● Exercise input:
----------------------------------------

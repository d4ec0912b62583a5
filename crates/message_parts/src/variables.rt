//! The body that answers `variables`: names and their values.

use crate::members::{NAME, VALUE, VARIABLES, VARIABLES_REFERENCE};
use crate::part::Part;
use crate::{find, member};
use json::Writer;
use protocol::{Entries, Text, Unread};
use serde_json::Value;
use std::alloc::{AllocError, Global};

/// Variables (`VariablesResponse`).
#[derive(Drop)]
pub struct Variables {
    /// The variables.
    pub variables: Entries<Variable>,
}

/// A variable: a register, or a word of the stack (`Variable`).
#[derive(Drop)]
pub struct Variable {
    /// Its name.
    pub name: Text,
    /// Its value.
    pub value: u32,
}

impl Part for Variables {
    ghost use Rattle.message_parts.specs.Variables.{variables};

    ghost form = { variables };

    fn write(&self, out: &mut Writer) -> Result<(), AllocError> {
        out.begin_object()?;
        member::part(out, VARIABLES, &self.variables)?;
        out.end_object()
    }

    fn read(alloc: Global, value: &Value) -> Result<Variables, Unread> {
        Ok(Variables {
            variables: find::part(alloc, value, VARIABLES)?,
        })
    }
}

impl Part for Variable {
    ghost use Rattle.message_parts.specs.Variables.{variable};

    ghost form = { variable };

    fn write(&self, out: &mut Writer) -> Result<(), AllocError> {
        out.begin_object()?;
        member::text(out, NAME, self.name.as_str())?;
        member::address(out, VALUE, self.value)?;
        member::number(out, VARIABLES_REFERENCE, 0)?;
        out.end_object()
    }

    fn read(alloc: Global, value: &Value) -> Result<Variable, Unread> {
        Ok(Variable {
            name: find::text(alloc, value, NAME)?,
            value: find::address(value, VALUE)?,
        })
    }
}
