//! What the members of a JSON object are taken for, each looked up by its name. A value that is no object
//! has no members.
ghost use Rattle.std.specs.Prelude.{option_and_then};
ghost use Rattle.protocol.specs.Arguments.{Reads};
ghost use Rattle.serde_json.specs.Find.{get};
ghost use Rattle.serde_json.specs.View.{view};
ghost use Rattle.message_parts.specs.Addresses as addresses;
ghost use Rattle.message_parts.specs.Forms as forms;

use crate::address::word_in;
use crate::part::Part;
use protocol::{Entries, Text, Unread};
use serde_json::Value;
use std::alloc::Global;

/// The part that the member of this name is taken for. `Bad` where there is no such member or it is taken
/// for none, `NoMemory` where no memory is left.
pub fn part<T: Part>(alloc: Global, value: &Value, name: &str) -> Result<T, Unread>
    ensures { Reads result (option_and_then T.form.found (get name.now (view value.now))) }
{
    match value.get(name) {
        Some(member) => T::read(alloc, member),
        None => Err(Unread::Bad),
    }
}

/// The member that is a part, where it is there.
pub(crate) fn part_if<T: Part>(
    alloc: Global,
    value: &Value,
    name: &str,
) -> Result<Option<T>, Unread>
    ensures { Reads result (forms.found_if T.form.found (get name.now (view value.now))) }
{
    match value.get(name) {
        Some(member) => Ok(Some(T::read(alloc, member)?)),
        None => Ok(None),
    }
}

/// The member that is a list, which is empty where it is not there.
pub(crate) fn unless_empty<T: Part>(
    alloc: Global,
    value: &Value,
    name: &str,
) -> Result<Entries<T>, Unread>
    ensures { Reads result (forms.found_or_empty (forms.list T.form).found
        (get name.now (view value.now))) }
{
    match value.get(name) {
        Some(member) => Entries::read(alloc, member),
        None => Ok(Entries::from_vec(Vec::new(alloc))),
    }
}

/// The member of this name, a whole number of 32 bits. `Bad` where there is no such member or it is none.
pub fn number(value: &Value, name: &str) -> Result<u32, Unread>
    ensures { Reads result (option_and_then forms.whole.found (get name.now (view value.now))) }
{
    match value.get(name) {
        Some(member) => whole(member),
        None => Err(Unread::Bad),
    }
}

/// The whole number of 32 bits that a value is.
pub(crate) fn whole(value: &Value) -> Result<u32, Unread>
    ensures { Reads result (forms.whole.found (view value.now)) }
{
    let number = value.as_u64().ok_or(Unread::Bad)?;
    if number < 1 << 32 {
        Ok(number as u32)
    } else {
        Err(Unread::Bad)
    }
}

/// The member that is a whole number of 32 bits, which may be below 0.
pub(crate) fn signed(value: &Value, name: &str) -> Result<i32, Unread>
    ensures { Reads result (option_and_then forms.signed.found (get name.now (view value.now))) }
{
    let number = value.get(name).and_then(Value::as_i64).ok_or(Unread::Bad)?;
    if i64::from(i32::MIN) <= number && number <= i64::from(i32::MAX) {
        Ok(number as i32)
    } else {
        Err(Unread::Bad)
    }
}

/// The member that is a whole number of 32 bits, where it is there.
pub(crate) fn number_if(value: &Value, name: &str) -> Result<Option<u32>, Unread>
    ensures { Reads result (forms.found_if forms.whole.found (get name.now (view value.now))) }
{
    if value.get(name).is_none() {
        return Ok(None);
    }
    Ok(Some(number(value, name)?))
}

/// The member that is a truth value.
pub(crate) fn truth(value: &Value, name: &str) -> Result<bool, Unread>
    ensures { Reads result (option_and_then forms.truth.found (get name.now (view value.now))) }
{
    value.get(name).and_then(Value::as_bool).ok_or(Unread::Bad)
}

/// The member that is a text.
pub(crate) fn text(alloc: Global, value: &Value, name: &str) -> Result<Text, Unread>
    ensures { Reads result (option_and_then forms.text.found (get name.now (view value.now))) }
{
    match value.get(name) {
        Some(member) => string(alloc, member),
        None => Err(Unread::Bad),
    }
}

/// The text that a value is.
pub(crate) fn string(alloc: Global, value: &Value) -> Result<Text, Unread>
    ensures { Reads result (forms.text.found (view value.now)) }
{
    let text = value.as_str().ok_or(Unread::Bad)?;
    Ok(Text::from_string(String::from_str(alloc, text)?))
}

/// The member that is a word as a text.
pub(crate) fn address(value: &Value, name: &str) -> Result<u32, Unread>
    ensures { Reads result (option_and_then addresses.address.found
        (get name.now (view value.now))) }
{
    let text = value.get(name).and_then(Value::as_str).ok_or(Unread::Bad)?;
    word_in(text.as_bytes()).ok_or(Unread::Bad)
}
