//! The body of the event `output`: a text that the editor shows.
ghost use Rattle.std.specs.Prelude.{◌≡◌};
ghost use Rattle.protocol.specs.Arguments.{Reads};
ghost use Rattle.message_parts.specs.Forms.{first_named};
ghost use Rattle.message_parts.specs.Output.{categories, category_name};

use crate::members::{CATEGORY, OUTPUT};
use crate::part::Part;
use crate::{find, member};
use json::Writer;
use protocol::{Text, Unread};
use serde_json::Value;
use std::alloc::{AllocError, Global};

/// A text that the editor shows (`OutputEvent`).
#[derive(Drop)]
pub struct Output {
    /// Whose output it is.
    pub category: Category,
    /// The text.
    pub output: Text,
}

/// Whose output it is (`OutputEvent.body.category`).
#[derive(Clone, Copy, Debug, PartialEq, Eq)]
pub enum Category {
    /// What the adapter has to say, as a logpoint's text.
    Console,
    /// What the program printed.
    Stdout,
}

const CONSOLE: &str = "console";

const STDOUT: &str = "stdout";

impl Category {
    /// Its name in a message.
    pub fn name(self) -> &'static str
        ensures { result.now ≡ category_name self }
    {
        match self {
            Category::Console => CONSOLE,
            Category::Stdout => STDOUT,
        }
    }
}

/// The category of that name; `Bad` where there is none.
fn named(name: &str) -> Result<Category, Unread>
    ensures { Reads result (first_named category_name categories name.now) }
{
    match name {
        CONSOLE => Ok(Category::Console),
        STDOUT => Ok(Category::Stdout),
        _ => Err(Unread::Bad),
    }
}

impl Part for Category {
    ghost use Rattle.message_parts.specs.Output.{category};

    ghost form = { category };

    fn write(&self, out: &mut Writer) -> Result<(), AllocError> {
        out.string(self.name())
    }

    fn read(_alloc: Global, value: &Value) -> Result<Category, Unread> {
        named(value.as_str().ok_or(Unread::Bad)?)
    }
}

impl Part for Output {
    ghost use Rattle.message_parts.specs.Output.{output};

    ghost form = { output };

    fn write(&self, out: &mut Writer) -> Result<(), AllocError> {
        out.begin_object()?;
        member::part(out, CATEGORY, &self.category)?;
        member::text(out, OUTPUT, self.output.as_str())?;
        out.end_object()
    }

    fn read(alloc: Global, value: &Value) -> Result<Output, Unread> {
        Ok(Output {
            category: find::part(alloc, value, CATEGORY)?,
            output: find::text(alloc, value, OUTPUT)?,
        })
    }
}
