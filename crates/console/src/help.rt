//! What help says, and the word that was meant.

use std::alloc::{AllocError, Global};
use strsim::osa_distance;

/// All commands, on one screen.
pub(crate) const ALL: &str = "\
run (r)                    launches the file as it is now, from its beginning
continue (c) [N]           on to a breakpoint     step (s), next (n) [N]
finish (fin) [N]           to the end of the call stepi (si), nexti (ni) [N]
back (rsi) [N]             one instruction back
reverse-continue (rc) [N]  back to a breakpoint   Enter repeats the last move
change EXPR                on until EXPR has another value: who did it?
back-to-change EXPR        the same, back
break (b) WHERE [if EXPR] [hit N]                 tbreak (tb): once
log WHERE TEXT             says TEXT there        delete (d) [N]
breakpoints (i)            shows them
print (p) EXPR             a value                print REG = VALUE
display EXPR               a value at each stop   undisplay [N]
set REG = VALUE            sets a register        set [ADDRESS] = VALUE
registers (regs) [NAME..]  shows them             stack
x EXPR [N]                 N words of memory      xb EXPR [N]: bytes
disassemble (disas) [WHERE] [N]                   labels
backtrace (bt)             the calls              where (f)
list (l) [WHERE]           the text               quit (q)
WHERE is a line, a label or *ADDRESS. EXPR knows registers, labels, numbers,
'c', [ADDRESS] and the operators of C. While the program runs, Enter stops it;
Ctrl-C ends all. help WORD says more.
";

// What help says of a word: the words for one thing, and the text.
struct Topic {
    words: &'static [&'static str],
    text: &'static str,
}

const TOPICS: [Topic; 25] = [
    Topic {
        words: &["run", "r", "restart"],
        text: "\
run: reads the file again and launches it from its beginning. Breakpoints and
displays stay. If the file does not assemble, its errors are shown.
    run
",
    },
    Topic {
        words: &["continue", "c"],
        text: "\
continue [N]: runs until something stops the program: a breakpoint, an error,
its end. With N, until that has happened N times at breakpoints.
    continue
",
    },
    Topic {
        words: &["step", "s"],
        text: "\
step [N]: on to the next line that is come to, also in a call; N times.
    step 3
",
    },
    Topic {
        words: &["next", "n"],
        text: "\
next [N]: on to the next line, over calls; N times.
    next
",
    },
    Topic {
        words: &["finish", "fin"],
        text: "\
finish [N]: on until the present call has returned; N times. a0 has its value.
    finish
",
    },
    Topic {
        words: &["stepi", "si", "nexti", "ni"],
        text: "\
stepi [N], nexti [N]: one instruction on; nexti goes over a call. N times.
    stepi 10
",
    },
    Topic {
        words: &["back", "reverse-stepi", "rsi"],
        text: "\
back [N]: takes the last instruction back; N times. Registers and memory are
then as they were before it. The last 65,536 instructions are recorded.
    back 2
",
    },
    Topic {
        words: &["reverse-continue", "rc"],
        text: "\
reverse-continue [N]: goes back until a breakpoint is met, or the oldest
instruction that is recorded.
    rc
",
    },
    Topic {
        words: &["change", "back-to-change"],
        text: "\
change EXPR, back-to-change EXPR: goes on, or back, one instruction after the
other until the value of EXPR is another one, and shows the instruction that
changed it. It gives up after 1,000,000 instructions. Of a program with more
than 1,024 it looks at those of its text alone, not at any that it wrote itself.
    back-to-change ra
    change [table + 4]
",
    },
    Topic {
        words: &["break", "b", "tbreak", "tb"],
        text: "\
break WHERE [if EXPR] [hit N]: stops there, if EXPR is not 0, from the Nth time
on. WHERE is a line, a label or *ADDRESS. tbreak: once, then it is deleted.
    break 36 if a0 == 5
    break sort hit 3
    tbreak *0x10010
",
    },
    Topic {
        words: &["log"],
        text: "\
log WHERE TEXT: says TEXT whenever the program comes there, and does not stop.
    log 36 a smaller word
",
    },
    Topic {
        words: &["delete", "d"],
        text: "\
delete [N]: the breakpoint of this number goes, or all.
    delete 1
",
    },
    Topic {
        words: &["breakpoints", "i"],
        text: "\
breakpoints: shows them with their numbers and addresses.
    breakpoints
",
    },
    Topic {
        words: &["print", "p"],
        text: "\
print EXPR: its value in hexadecimal and decimal, below zero also with its
sign, as a character where it is one, and the label that lies there.
print REG = VALUE sets a register.
    print a0 * 2
    print [sp + 4]
",
    },
    Topic {
        words: &["display"],
        text: "\
display EXPR: shows its value now and at each stop.
    display [sp]
",
    },
    Topic {
        words: &["undisplay"],
        text: "\
undisplay [N]: the display of this number goes, or all.
    undisplay 1
",
    },
    Topic {
        words: &["set"],
        text: "\
set REG = VALUE, set [ADDRESS] = VALUE: sets a register, or a word of memory,
to the value of an expression.
    set a0 = 5
    set [table] = a0 + 1
",
    },
    Topic {
        words: &["registers", "regs"],
        text: "\
registers [NAME..]: shows these, or all.
    registers a0 a1 sp
",
    },
    Topic {
        words: &["stack"],
        text: "\
stack: the words from sp up, 16 at most.
    stack
",
    },
    Topic {
        words: &["x", "xb"],
        text: "\
x EXPR [N]: N words of memory from the value of EXPR on, 4 where no N is given.
xb EXPR [N]: bytes, and the characters that they are; 16.
    x table 8
    xb sp 32
",
    },
    Topic {
        words: &["disassemble", "disas"],
        text: "\
disassemble [WHERE] [N]: N instructions from WHERE on, or from pc; 8 where no N
is given.
    disas sort 4
",
    },
    Topic {
        words: &["backtrace", "bt"],
        text: "\
backtrace: the calls, the innermost first, 20 at most.
    bt
",
    },
    Topic {
        words: &["labels"],
        text: "\
labels: the labels and their addresses.
    labels
",
    },
    Topic {
        words: &["where", "frame", "f", "list", "l"],
        text: "\
where: where the program stands, once more. list [WHERE]: the text round WHERE,
or round there; > is where the program stands, * a line with a breakpoint.
    list sort
",
    },
    Topic {
        words: &["help", "h", "quit", "q", "exit"],
        text: "\
help [WORD]: this. quit: ends, and the program with it.
    help break
",
    },
];

// All of them. A call, so that a proof about one who looks through them holds none of their texts.
fn topics() -> &'static [Topic] {
    &TOPICS
}

/// What help says of a word.
pub(crate) fn of(word: &str) -> Option<&'static str> {
    for topic in topics() {
        if has(topic.words, word) {
            return Some(topic.text);
        }
    }
    None
}

fn has(words: &[&str], word: &str) -> bool {
    words.iter().any(|known| *known == word)
}

/// How many bytes a word has at most that others are compared with.
const LONGEST: usize = 24;

/// The word that is nearest to one that is none, if one is near. It fails where no memory is left.
pub(crate) fn nearest(alloc: Global, word: &str) -> Result<Option<&'static str>, AllocError> {
    let mut best = None;
    let mut least = 3;
    if word.len() > LONGEST {
        return Ok(None);
    }
    for topic in topics() {
        for known in topic.words.iter() {
            let edits = osa_distance(alloc, word, known)?;
            if edits < least && edits < known.len() {
                least = edits;
                best = Some(*known);
            }
        }
    }
    Ok(best)
}
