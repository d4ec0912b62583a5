//! The body that answers `stackTrace`: where the program is, and from where it was called.
ghost use Rattle.std.specs.Prelude.{◌≡◌};

use crate::members::{
    COLUMN, ID, INSTRUCTION_POINTER_REFERENCE, LINE, NAME, PATH, SOURCE, STACK_FRAMES, TOTAL_FRAMES,
};
use crate::part::Part;
use crate::{find, member};
use json::Writer;
use protocol::{Entries, Text, Unread};
use serde_json::Value;
use std::alloc::{AllocError, Global};

/// The frames of a stopped program (`StackTraceResponse`).
#[derive(Drop)]
pub struct StackTrace {
    /// The frames that the answer gives, the innermost first.
    pub stack_frames: Entries<StackFrame>,
    /// How many frames there are.
    pub total_frames: u32,
}

/// A frame (`StackFrame`).
#[derive(Drop)]
pub struct StackFrame {
    /// The number of the column, 0 where the frame has no line.
    pub column: u32,
    /// The number by which a request names the frame.
    pub id: u32,
    /// The address at which the frame is.
    pub instruction_pointer_reference: u32,
    /// The number of the line, 0 where the frame has none.
    pub line: u32,
    /// What a person sees.
    pub name: Text,
    /// Where the line is. Absent: the address belongs to no line.
    pub source: Option<Source>,
}

/// A source (`Source`).
#[derive(Drop)]
pub struct Source {
    /// The last part of its path.
    pub name: Text,
    /// Where it is.
    pub path: Text,
}

impl Part for StackTrace {
    ghost use Rattle.message_parts.specs.StackTrace.{stack_trace};

    ghost form = { stack_trace };

    fn write(&self, out: &mut Writer) -> Result<(), AllocError> {
        out.begin_object()?;
        member::part(out, STACK_FRAMES, &self.stack_frames)?;
        member::number(out, TOTAL_FRAMES, self.total_frames)?;
        out.end_object()
    }

    fn read(alloc: Global, value: &Value) -> Result<StackTrace, Unread> {
        Ok(StackTrace {
            stack_frames: find::part(alloc, value, STACK_FRAMES)?,
            total_frames: find::number(value, TOTAL_FRAMES)?,
        })
    }
}

impl Part for StackFrame {
    ghost use Rattle.message_parts.specs.StackTrace.{stack_frame};

    ghost form = { stack_frame };

    fn write(&self, out: &mut Writer) -> Result<(), AllocError> {
        out.begin_object()?;
        member::number(out, COLUMN, self.column)?;
        member::number(out, ID, self.id)?;
        member::address(
            out,
            INSTRUCTION_POINTER_REFERENCE,
            self.instruction_pointer_reference,
        )?;
        member::number(out, LINE, self.line)?;
        member::text(out, NAME, self.name.as_str())?;
        member::part_if(out, SOURCE, &self.source)?;
        out.end_object()
    }

    fn read(alloc: Global, value: &Value) -> Result<StackFrame, Unread> {
        Ok(StackFrame {
            column: find::number(value, COLUMN)?,
            id: find::number(value, ID)?,
            instruction_pointer_reference: find::address(value, INSTRUCTION_POINTER_REFERENCE)?,
            line: find::number(value, LINE)?,
            name: find::text(alloc, value, NAME)?,
            source: find::part_if(alloc, value, SOURCE)?,
        })
    }
}

impl Part for Source {
    ghost use Rattle.message_parts.specs.StackTrace.{source};

    ghost form = { source };

    fn write(&self, out: &mut Writer) -> Result<(), AllocError> {
        out.begin_object()?;
        member::text(out, NAME, self.name.as_str())?;
        member::text(out, PATH, self.path.as_str())?;
        out.end_object()
    }

    fn read(alloc: Global, value: &Value) -> Result<Source, Unread> {
        Ok(Source {
            name: find::text(alloc, value, NAME)?,
            path: find::text(alloc, value, PATH)?,
        })
    }
}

----------------------------------------

● What you should do: What lines in the data above contain the word "their"? Copy them all.

● Output for this task:
//! The body that answers `variables`: names and their values.
breakpoints: shows them with their numbers and addresses.
labels: the labels and their addresses.
// All of them. A call, so that a proof about one who looks through them holds none of their texts.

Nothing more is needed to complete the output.